» EXERCISE DETAILS
Write out, from the entries below, exactly the lines that run between the lines holding "position (λ t." and "is no memory.", inclusive, and stop there.

» DATASET
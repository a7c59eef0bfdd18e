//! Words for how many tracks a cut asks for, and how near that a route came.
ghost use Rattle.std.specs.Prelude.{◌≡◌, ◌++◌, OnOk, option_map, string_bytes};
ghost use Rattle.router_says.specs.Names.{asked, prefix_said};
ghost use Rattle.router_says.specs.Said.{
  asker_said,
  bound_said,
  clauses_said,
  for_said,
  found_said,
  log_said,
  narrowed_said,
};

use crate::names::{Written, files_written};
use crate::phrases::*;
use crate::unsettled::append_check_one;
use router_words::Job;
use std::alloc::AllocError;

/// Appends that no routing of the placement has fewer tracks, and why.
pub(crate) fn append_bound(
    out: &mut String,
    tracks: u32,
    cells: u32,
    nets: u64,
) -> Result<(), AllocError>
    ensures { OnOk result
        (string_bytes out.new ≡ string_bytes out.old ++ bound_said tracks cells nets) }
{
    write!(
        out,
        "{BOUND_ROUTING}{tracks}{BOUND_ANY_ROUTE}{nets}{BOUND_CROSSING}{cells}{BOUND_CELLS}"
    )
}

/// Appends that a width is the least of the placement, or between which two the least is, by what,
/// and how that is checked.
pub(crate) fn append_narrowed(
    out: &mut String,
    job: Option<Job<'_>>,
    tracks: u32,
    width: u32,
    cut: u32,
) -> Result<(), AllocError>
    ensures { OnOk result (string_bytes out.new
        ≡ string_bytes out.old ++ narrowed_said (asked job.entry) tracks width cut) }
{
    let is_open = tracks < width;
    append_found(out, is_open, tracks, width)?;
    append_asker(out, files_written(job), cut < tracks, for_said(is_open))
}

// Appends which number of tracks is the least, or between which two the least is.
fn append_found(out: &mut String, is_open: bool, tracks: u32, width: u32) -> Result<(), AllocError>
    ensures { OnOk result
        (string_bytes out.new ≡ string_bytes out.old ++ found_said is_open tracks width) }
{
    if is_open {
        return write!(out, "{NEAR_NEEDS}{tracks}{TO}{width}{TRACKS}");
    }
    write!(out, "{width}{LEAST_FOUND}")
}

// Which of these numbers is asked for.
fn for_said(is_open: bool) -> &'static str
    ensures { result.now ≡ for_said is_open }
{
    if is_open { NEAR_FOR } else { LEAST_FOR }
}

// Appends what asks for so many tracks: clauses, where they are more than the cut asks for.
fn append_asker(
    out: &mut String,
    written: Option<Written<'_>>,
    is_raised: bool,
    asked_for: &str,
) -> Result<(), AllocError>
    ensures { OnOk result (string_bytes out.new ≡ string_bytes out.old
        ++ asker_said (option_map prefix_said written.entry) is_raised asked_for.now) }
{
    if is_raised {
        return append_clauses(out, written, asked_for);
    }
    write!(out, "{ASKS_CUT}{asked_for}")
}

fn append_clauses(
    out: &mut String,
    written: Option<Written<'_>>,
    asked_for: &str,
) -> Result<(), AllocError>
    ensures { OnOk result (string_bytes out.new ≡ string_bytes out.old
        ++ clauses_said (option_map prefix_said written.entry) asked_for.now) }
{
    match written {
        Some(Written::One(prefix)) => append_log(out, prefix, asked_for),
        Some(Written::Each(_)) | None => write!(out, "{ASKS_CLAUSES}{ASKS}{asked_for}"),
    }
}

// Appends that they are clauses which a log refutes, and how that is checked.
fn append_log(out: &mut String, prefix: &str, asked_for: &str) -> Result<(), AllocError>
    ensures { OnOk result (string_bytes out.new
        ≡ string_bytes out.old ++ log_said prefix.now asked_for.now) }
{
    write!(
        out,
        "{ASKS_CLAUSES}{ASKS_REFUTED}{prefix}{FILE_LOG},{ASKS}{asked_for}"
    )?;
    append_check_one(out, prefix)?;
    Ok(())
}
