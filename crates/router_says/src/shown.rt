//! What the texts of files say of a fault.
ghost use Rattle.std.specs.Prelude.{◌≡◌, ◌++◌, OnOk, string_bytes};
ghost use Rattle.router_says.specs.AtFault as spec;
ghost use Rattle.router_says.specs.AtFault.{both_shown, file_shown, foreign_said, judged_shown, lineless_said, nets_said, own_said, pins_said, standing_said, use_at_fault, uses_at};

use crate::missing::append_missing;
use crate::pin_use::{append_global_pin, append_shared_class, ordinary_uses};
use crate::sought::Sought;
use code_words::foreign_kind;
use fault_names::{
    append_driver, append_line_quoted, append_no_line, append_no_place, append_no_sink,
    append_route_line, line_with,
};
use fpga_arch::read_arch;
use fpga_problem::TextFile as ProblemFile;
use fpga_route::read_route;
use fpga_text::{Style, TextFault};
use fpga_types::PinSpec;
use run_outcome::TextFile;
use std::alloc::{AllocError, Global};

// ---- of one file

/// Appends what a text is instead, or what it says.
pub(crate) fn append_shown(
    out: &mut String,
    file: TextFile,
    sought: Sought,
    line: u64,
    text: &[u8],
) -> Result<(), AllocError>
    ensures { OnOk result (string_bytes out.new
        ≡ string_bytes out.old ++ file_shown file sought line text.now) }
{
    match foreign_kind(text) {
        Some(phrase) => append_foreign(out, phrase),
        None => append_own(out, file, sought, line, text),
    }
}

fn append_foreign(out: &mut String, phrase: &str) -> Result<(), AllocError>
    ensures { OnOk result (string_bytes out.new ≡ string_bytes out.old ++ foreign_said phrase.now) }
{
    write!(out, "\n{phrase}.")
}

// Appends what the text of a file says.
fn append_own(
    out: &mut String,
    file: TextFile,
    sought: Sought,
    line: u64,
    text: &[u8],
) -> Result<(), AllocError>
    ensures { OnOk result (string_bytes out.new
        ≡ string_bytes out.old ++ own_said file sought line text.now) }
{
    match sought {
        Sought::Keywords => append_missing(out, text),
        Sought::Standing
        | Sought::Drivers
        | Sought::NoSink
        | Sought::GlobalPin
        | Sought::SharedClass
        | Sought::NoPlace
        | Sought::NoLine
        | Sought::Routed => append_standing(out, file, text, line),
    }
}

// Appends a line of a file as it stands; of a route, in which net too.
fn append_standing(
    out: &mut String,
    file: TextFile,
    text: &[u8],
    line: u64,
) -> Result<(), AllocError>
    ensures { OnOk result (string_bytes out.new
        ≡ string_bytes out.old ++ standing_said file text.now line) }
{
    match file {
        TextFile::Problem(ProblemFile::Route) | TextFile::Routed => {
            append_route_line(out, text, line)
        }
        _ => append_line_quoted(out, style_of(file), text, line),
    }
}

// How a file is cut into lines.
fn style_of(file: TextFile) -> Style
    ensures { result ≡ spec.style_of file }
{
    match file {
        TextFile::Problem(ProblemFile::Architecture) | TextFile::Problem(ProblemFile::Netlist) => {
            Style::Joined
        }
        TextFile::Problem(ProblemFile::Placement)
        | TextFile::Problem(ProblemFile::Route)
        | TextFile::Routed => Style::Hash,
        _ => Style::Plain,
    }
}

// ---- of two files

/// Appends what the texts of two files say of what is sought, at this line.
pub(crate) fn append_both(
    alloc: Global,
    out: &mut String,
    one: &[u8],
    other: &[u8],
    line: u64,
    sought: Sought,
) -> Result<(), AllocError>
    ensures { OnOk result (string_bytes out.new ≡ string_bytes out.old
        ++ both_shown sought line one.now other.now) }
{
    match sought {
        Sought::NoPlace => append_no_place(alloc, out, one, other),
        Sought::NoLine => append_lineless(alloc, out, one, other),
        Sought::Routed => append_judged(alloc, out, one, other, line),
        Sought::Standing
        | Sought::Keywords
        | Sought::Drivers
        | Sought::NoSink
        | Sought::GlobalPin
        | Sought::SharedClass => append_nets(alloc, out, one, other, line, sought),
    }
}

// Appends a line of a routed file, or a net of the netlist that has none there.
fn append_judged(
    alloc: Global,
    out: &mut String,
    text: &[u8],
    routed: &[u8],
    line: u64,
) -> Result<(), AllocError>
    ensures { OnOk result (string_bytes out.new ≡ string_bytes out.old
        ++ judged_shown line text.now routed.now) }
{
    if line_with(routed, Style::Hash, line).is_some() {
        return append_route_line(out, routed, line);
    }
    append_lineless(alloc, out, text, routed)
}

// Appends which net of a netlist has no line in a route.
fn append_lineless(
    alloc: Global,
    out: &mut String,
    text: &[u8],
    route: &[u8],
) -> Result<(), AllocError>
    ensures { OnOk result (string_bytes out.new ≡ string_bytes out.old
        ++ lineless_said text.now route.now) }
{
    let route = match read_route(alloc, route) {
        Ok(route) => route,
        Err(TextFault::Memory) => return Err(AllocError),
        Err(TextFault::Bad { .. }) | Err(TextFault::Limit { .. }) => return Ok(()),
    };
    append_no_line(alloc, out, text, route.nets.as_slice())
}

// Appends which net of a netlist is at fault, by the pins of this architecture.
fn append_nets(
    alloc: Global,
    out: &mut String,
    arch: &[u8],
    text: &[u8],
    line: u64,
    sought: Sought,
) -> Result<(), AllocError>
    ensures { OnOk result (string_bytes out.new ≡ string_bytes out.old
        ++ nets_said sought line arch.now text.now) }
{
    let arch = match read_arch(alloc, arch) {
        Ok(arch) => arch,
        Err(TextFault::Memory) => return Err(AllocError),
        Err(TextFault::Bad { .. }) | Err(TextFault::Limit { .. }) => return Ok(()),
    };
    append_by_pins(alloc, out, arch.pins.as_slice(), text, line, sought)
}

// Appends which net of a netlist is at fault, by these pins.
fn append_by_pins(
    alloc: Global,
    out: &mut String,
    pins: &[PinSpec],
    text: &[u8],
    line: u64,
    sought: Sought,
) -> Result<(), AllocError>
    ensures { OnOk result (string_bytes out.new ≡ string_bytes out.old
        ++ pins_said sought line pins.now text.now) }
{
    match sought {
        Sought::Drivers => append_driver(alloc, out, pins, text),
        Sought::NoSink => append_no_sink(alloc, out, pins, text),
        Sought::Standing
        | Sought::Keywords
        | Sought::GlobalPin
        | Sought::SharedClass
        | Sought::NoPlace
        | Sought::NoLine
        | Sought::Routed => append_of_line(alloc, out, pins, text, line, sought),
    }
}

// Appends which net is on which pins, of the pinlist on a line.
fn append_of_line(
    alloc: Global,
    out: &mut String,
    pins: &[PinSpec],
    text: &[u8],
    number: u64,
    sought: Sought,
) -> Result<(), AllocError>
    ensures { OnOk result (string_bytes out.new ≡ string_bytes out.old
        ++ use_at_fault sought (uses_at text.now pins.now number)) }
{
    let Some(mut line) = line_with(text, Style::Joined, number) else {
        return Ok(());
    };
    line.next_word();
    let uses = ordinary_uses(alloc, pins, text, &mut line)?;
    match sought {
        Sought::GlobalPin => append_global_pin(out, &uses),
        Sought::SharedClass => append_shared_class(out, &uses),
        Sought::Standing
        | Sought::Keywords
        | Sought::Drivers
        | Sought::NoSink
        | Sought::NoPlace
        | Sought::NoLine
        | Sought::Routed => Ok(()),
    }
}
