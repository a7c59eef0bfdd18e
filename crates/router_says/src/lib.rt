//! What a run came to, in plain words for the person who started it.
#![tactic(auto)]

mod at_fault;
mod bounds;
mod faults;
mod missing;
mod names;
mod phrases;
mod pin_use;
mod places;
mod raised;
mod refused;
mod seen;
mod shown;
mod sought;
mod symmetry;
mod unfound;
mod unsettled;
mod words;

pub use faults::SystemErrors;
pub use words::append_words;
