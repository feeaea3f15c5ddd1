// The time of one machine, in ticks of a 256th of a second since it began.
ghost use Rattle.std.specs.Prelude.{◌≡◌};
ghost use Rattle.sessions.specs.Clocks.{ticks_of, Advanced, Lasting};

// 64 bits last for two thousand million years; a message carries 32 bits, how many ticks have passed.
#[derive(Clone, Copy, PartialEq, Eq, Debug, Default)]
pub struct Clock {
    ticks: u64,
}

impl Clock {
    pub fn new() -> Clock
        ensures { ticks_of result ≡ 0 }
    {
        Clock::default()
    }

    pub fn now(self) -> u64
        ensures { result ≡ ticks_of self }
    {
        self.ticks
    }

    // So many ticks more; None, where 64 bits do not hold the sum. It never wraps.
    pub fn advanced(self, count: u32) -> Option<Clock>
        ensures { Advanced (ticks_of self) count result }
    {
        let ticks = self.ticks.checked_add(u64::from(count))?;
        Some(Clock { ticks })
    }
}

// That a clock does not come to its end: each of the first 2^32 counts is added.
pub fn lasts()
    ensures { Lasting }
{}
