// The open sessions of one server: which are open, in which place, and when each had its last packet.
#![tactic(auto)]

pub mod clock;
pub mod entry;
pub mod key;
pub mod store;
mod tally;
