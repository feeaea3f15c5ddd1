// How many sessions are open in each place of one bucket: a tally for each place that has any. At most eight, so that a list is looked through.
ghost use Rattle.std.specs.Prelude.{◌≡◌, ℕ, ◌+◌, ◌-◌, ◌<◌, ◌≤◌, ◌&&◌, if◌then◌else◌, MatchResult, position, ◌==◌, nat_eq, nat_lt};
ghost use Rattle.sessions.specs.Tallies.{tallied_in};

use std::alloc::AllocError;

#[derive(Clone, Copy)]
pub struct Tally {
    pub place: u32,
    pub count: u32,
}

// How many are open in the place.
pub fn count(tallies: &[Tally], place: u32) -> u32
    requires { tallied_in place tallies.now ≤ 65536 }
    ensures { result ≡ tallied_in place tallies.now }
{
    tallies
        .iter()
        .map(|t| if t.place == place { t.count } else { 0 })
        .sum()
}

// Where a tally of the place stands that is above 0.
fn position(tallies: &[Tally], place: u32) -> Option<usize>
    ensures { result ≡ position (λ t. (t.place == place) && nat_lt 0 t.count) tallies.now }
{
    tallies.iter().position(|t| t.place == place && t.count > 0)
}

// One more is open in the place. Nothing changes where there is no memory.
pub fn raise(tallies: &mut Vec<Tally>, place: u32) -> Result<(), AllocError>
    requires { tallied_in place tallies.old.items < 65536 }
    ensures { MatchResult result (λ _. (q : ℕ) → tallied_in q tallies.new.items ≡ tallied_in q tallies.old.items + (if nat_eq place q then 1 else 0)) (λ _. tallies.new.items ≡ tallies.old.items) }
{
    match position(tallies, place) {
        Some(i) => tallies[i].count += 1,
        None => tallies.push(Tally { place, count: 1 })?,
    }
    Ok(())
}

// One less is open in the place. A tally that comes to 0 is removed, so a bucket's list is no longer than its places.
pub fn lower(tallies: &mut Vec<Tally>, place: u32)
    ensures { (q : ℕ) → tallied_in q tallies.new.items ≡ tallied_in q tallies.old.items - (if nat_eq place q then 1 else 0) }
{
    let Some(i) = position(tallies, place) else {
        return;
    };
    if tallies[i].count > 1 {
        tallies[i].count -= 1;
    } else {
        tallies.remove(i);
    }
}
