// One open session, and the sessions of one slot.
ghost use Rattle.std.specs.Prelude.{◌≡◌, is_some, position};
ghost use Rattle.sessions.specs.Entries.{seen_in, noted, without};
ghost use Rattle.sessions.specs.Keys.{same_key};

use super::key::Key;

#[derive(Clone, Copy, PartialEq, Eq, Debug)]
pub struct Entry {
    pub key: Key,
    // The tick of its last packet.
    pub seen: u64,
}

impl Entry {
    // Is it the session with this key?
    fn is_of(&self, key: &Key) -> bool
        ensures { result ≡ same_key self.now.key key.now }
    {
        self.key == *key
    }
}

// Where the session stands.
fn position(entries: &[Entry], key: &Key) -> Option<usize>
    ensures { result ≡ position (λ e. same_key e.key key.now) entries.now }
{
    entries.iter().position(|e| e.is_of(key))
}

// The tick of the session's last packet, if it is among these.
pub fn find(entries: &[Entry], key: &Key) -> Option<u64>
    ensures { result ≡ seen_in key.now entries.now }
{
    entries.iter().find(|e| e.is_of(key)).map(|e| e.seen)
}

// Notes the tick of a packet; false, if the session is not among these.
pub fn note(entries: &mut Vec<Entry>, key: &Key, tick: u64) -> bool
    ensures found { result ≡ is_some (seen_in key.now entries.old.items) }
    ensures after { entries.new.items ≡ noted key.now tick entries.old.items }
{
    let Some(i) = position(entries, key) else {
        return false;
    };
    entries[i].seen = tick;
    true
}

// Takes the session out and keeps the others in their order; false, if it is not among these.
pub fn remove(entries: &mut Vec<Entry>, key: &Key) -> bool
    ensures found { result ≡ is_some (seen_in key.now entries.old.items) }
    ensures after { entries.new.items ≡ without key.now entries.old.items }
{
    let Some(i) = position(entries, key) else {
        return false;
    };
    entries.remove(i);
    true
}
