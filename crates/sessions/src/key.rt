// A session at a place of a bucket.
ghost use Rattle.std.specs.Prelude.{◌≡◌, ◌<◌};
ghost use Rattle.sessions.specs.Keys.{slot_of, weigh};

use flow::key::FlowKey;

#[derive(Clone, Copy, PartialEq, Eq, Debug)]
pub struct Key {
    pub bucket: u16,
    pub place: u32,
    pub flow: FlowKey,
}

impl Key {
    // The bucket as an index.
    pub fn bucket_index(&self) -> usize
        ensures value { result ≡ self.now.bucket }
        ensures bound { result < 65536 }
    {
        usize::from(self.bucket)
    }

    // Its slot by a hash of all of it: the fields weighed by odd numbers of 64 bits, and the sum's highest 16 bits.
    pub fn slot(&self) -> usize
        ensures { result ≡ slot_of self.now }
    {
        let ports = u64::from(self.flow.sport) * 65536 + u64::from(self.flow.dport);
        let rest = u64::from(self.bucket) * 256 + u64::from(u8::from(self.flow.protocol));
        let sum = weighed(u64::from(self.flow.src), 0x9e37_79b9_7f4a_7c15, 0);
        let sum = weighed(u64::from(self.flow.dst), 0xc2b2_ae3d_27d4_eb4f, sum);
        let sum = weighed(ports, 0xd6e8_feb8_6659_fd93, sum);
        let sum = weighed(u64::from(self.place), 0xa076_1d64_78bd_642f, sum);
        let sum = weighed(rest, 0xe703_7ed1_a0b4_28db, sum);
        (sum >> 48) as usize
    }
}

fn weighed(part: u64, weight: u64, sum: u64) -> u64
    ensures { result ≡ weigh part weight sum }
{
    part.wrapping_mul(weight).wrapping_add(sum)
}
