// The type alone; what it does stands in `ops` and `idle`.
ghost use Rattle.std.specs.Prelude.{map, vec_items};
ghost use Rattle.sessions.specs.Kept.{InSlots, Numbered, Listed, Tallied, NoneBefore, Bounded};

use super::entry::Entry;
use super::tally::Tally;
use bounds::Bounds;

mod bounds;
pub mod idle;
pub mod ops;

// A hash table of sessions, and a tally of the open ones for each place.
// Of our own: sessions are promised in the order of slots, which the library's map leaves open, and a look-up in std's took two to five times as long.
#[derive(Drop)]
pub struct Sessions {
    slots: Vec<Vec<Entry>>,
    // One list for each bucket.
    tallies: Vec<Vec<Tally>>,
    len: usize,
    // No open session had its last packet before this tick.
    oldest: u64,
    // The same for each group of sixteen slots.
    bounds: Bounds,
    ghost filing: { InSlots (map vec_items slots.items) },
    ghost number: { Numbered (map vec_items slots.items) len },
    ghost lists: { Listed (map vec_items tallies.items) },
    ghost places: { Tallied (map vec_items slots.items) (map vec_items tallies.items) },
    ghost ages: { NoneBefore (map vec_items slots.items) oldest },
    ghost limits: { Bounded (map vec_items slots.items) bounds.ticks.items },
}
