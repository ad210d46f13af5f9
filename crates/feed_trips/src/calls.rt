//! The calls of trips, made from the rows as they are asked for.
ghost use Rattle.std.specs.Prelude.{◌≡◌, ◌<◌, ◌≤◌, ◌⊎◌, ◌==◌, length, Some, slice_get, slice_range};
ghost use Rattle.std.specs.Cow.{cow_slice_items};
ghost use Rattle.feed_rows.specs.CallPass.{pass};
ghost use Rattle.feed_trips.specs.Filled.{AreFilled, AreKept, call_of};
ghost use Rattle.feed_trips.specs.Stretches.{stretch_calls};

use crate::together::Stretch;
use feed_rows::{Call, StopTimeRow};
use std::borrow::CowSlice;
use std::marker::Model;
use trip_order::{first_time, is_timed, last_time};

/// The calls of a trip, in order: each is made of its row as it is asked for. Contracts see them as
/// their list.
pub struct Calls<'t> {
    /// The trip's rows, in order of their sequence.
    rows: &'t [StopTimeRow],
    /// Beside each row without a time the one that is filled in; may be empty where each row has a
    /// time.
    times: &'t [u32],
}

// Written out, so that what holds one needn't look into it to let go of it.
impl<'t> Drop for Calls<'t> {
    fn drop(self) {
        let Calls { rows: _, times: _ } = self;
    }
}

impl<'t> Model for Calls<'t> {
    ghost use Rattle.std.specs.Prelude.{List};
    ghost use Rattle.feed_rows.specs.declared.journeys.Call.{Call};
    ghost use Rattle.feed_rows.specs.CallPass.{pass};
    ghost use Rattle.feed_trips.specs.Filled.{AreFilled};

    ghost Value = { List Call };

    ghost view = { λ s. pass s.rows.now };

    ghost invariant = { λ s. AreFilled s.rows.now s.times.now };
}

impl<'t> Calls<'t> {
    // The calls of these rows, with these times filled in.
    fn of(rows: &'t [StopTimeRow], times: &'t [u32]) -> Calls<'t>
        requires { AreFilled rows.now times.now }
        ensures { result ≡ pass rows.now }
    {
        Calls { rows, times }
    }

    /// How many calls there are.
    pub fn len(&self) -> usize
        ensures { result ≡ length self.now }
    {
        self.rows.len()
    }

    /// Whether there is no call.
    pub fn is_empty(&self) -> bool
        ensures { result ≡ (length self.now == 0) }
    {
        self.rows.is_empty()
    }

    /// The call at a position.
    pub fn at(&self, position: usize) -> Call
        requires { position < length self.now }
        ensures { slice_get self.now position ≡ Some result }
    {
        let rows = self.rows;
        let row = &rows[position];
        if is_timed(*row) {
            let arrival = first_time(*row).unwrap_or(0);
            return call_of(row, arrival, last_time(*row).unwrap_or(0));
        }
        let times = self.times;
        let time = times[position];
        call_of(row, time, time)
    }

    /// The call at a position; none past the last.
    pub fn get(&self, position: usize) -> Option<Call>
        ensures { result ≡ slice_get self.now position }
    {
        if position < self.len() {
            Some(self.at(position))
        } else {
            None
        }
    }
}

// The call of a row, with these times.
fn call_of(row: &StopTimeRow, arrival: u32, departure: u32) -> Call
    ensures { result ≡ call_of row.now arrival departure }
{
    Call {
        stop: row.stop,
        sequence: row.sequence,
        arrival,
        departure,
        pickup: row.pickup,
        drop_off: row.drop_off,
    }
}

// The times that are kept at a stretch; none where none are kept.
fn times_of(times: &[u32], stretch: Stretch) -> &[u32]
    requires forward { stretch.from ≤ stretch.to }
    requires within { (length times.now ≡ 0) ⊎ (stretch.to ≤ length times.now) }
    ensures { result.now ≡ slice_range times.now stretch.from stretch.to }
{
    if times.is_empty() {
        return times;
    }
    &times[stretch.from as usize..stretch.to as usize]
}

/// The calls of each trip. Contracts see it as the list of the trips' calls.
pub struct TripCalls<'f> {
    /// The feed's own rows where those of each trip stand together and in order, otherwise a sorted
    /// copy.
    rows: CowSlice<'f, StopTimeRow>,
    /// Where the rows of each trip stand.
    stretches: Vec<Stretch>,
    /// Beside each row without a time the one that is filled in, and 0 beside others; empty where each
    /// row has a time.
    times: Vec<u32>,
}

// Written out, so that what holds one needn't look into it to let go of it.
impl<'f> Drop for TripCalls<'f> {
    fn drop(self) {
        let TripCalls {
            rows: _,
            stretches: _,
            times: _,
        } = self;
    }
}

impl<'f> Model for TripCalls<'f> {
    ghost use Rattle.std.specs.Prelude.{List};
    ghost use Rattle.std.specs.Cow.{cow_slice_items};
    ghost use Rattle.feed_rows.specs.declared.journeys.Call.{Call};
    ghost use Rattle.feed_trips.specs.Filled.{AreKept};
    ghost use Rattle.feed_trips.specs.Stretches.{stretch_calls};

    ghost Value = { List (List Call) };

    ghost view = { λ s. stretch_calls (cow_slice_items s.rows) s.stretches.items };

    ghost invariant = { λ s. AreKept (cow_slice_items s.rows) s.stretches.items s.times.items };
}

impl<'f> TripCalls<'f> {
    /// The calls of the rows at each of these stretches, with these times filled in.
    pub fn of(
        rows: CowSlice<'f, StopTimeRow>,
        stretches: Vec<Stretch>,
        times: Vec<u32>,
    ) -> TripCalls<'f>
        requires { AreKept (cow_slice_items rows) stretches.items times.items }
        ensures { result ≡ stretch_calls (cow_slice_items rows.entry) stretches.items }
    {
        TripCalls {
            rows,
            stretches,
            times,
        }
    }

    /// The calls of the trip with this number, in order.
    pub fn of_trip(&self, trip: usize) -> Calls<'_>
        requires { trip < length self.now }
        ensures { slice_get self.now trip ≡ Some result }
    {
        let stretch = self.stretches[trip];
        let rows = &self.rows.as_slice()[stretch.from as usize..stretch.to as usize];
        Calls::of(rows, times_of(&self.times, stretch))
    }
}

» RESPONSE BELOW
    ensures { result ≡ position (λ t. (t.place == place) && nat_lt 0 t.count) tallies.now }
{
    tallies.iter().position(|t| t.place == place && t.count > 0)
}

// One more is open in the place. Nothing changes where there is no memory.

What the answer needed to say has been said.